_Assigned task_
Print all of the data exactly, with no line missing.

—————

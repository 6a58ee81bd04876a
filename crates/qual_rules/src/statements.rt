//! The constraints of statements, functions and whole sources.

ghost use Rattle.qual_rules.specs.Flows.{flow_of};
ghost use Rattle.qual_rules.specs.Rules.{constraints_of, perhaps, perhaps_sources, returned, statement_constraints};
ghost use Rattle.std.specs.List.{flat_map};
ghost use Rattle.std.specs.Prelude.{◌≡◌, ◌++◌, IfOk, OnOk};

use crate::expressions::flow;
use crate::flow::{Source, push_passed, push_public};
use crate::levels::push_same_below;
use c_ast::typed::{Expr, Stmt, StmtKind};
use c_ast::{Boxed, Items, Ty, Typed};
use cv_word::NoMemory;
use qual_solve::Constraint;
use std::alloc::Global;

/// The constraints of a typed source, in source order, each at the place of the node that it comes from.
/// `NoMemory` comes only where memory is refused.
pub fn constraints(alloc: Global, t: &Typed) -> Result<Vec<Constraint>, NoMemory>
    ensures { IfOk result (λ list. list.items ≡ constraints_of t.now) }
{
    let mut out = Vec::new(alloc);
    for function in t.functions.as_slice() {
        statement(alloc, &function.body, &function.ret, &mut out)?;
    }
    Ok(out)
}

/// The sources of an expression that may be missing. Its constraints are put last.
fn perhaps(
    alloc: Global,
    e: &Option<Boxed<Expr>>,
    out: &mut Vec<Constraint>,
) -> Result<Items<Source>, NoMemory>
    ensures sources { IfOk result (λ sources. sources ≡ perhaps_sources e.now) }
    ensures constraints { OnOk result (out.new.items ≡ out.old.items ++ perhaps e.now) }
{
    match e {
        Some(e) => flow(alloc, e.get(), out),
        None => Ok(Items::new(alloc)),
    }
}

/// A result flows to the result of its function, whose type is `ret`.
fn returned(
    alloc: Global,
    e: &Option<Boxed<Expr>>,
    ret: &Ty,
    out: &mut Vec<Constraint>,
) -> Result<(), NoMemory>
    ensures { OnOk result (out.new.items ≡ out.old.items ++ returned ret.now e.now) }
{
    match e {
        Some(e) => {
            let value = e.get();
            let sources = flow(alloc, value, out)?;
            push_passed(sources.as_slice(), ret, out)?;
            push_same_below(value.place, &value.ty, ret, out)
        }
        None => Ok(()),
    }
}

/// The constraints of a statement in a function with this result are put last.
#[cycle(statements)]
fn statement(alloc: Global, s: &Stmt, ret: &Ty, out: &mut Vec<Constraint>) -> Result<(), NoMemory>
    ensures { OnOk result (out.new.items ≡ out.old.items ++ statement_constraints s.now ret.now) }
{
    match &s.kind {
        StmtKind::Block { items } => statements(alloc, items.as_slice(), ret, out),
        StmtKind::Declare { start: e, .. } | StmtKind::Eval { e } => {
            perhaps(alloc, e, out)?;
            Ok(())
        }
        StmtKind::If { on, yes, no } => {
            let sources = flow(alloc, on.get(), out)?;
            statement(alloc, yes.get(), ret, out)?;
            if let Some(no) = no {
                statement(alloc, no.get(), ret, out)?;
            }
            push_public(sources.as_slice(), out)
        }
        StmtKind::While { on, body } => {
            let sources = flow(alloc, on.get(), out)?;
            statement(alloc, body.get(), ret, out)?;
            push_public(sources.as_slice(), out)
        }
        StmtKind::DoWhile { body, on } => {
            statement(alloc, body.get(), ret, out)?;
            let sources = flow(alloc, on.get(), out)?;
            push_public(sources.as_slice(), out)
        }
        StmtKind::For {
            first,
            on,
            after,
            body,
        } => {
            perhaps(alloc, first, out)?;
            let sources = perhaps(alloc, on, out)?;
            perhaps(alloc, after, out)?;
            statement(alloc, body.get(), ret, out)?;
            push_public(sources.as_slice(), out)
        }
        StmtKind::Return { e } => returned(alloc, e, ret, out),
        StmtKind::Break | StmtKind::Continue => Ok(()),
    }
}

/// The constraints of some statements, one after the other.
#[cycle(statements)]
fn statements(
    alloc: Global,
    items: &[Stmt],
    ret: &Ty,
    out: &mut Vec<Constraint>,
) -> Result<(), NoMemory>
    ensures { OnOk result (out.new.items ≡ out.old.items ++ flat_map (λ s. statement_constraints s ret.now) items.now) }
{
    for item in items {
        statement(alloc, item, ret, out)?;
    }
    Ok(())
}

—————

_Completed exercise_
repository 6a58ee81bd04876a
filename crates/qual_rules/src/statements.rt
//! The constraints of statements, functions and whole sources.

ghost use Rattle.qual_rules.specs.Flows.{flow_of};
ghost use Rattle.qual_rules.specs.Rules.{constraints_of, perhaps, perhaps_sources, returned, statement_constraints};
ghost use Rattle.std.specs.List.{flat_map};
ghost use Rattle.std.specs.Prelude.{◌≡◌, ◌++◌, IfOk, OnOk};

use crate::expressions::flow;
use crate::flow::{Source, push_passed, push_public};
use crate::levels::push_same_below;
use c_ast::typed::{Expr, Stmt, StmtKind};
use c_ast::{Boxed, Items, Ty, Typed};
use cv_word::NoMemory;
use qual_solve::Constraint;
use std::alloc::Global;

/// The constraints of a typed source, in source order, each at the place of the node that it comes from.
/// `NoMemory` comes only where memory is refused.
pub fn constraints(alloc: Global, t: &Typed) -> Result<Vec<Constraint>, NoMemory>
    ensures { IfOk result (λ list. list.items ≡ constraints_of t.now) }
{
    let mut out = Vec::new(alloc);
    for function in t.functions.as_slice() {
        statement(alloc, &function.body, &function.ret, &mut out)?;
    }
    Ok(out)
}

/// The sources of an expression that may be missing. Its constraints are put last.
fn perhaps(
    alloc: Global,
    e: &Option<Boxed<Expr>>,
    out: &mut Vec<Constraint>,
) -> Result<Items<Source>, NoMemory>
    ensures sources { IfOk result (λ sources. sources ≡ perhaps_sources e.now) }
    ensures constraints { OnOk result (out.new.items ≡ out.old.items ++ perhaps e.now) }
{
    match e {
        Some(e) => flow(alloc, e.get(), out),
        None => Ok(Items::new(alloc)),
    }
}

/// A result flows to the result of its function, whose type is `ret`.
fn returned(
    alloc: Global,
    e: &Option<Boxed<Expr>>,
    ret: &Ty,
    out: &mut Vec<Constraint>,
) -> Result<(), NoMemory>
    ensures { OnOk result (out.new.items ≡ out.old.items ++ returned ret.now e.now) }
{
    match e {
        Some(e) => {
            let value = e.get();
            let sources = flow(alloc, value, out)?;
            push_passed(sources.as_slice(), ret, out)?;
            push_same_below(value.place, &value.ty, ret, out)
        }
        None => Ok(()),
    }
}

/// The constraints of a statement in a function with this result are put last.
#[cycle(statements)]
fn statement(alloc: Global, s: &Stmt, ret: &Ty, out: &mut Vec<Constraint>) -> Result<(), NoMemory>
    ensures { OnOk result (out.new.items ≡ out.old.items ++ statement_constraints s.now ret.now) }
{
    match &s.kind {
        StmtKind::Block { items } => statements(alloc, items.as_slice(), ret, out),
        StmtKind::Declare { start: e, .. } | StmtKind::Eval { e } => {
            perhaps(alloc, e, out)?;
            Ok(())
        }
        StmtKind::If { on, yes, no } => {
            let sources = flow(alloc, on.get(), out)?;
            statement(alloc, yes.get(), ret, out)?;
            if let Some(no) = no {
                statement(alloc, no.get(), ret, out)?;
            }
            push_public(sources.as_slice(), out)
        }
        StmtKind::While { on, body } => {
            let sources = flow(alloc, on.get(), out)?;
            statement(alloc, body.get(), ret, out)?;
            push_public(sources.as_slice(), out)
        }
        StmtKind::DoWhile { body, on } => {
            statement(alloc, body.get(), ret, out)?;
            let sources = flow(alloc, on.get(), out)?;
            push_public(sources.as_slice(), out)
        }
        StmtKind::For {
            first,
            on,
            after,
            body,
        } => {
            perhaps(alloc, first, out)?;
            let sources = perhaps(alloc, on, out)?;
            perhaps(alloc, after, out)?;
            statement(alloc, body.get(), ret, out)?;
            push_public(sources.as_slice(), out)
        }
        StmtKind::Return { e } => returned(alloc, e, ret, out),
        StmtKind::Break | StmtKind::Continue => Ok(()),
    }
}

/// The constraints of some statements, one after the other.
#[cycle(statements)]
fn statements(
    alloc: Global,
    items: &[Stmt],
    ret: &Ty,
    out: &mut Vec<Constraint>,
) -> Result<(), NoMemory>
    ensures { OnOk result (out.new.items ≡ out.old.items ++ flat_map (λ s. statement_constraints s ret.now) items.now) }
{
    for item in items {
        statement(alloc, item, ret, out)?;
    }
    Ok(())
}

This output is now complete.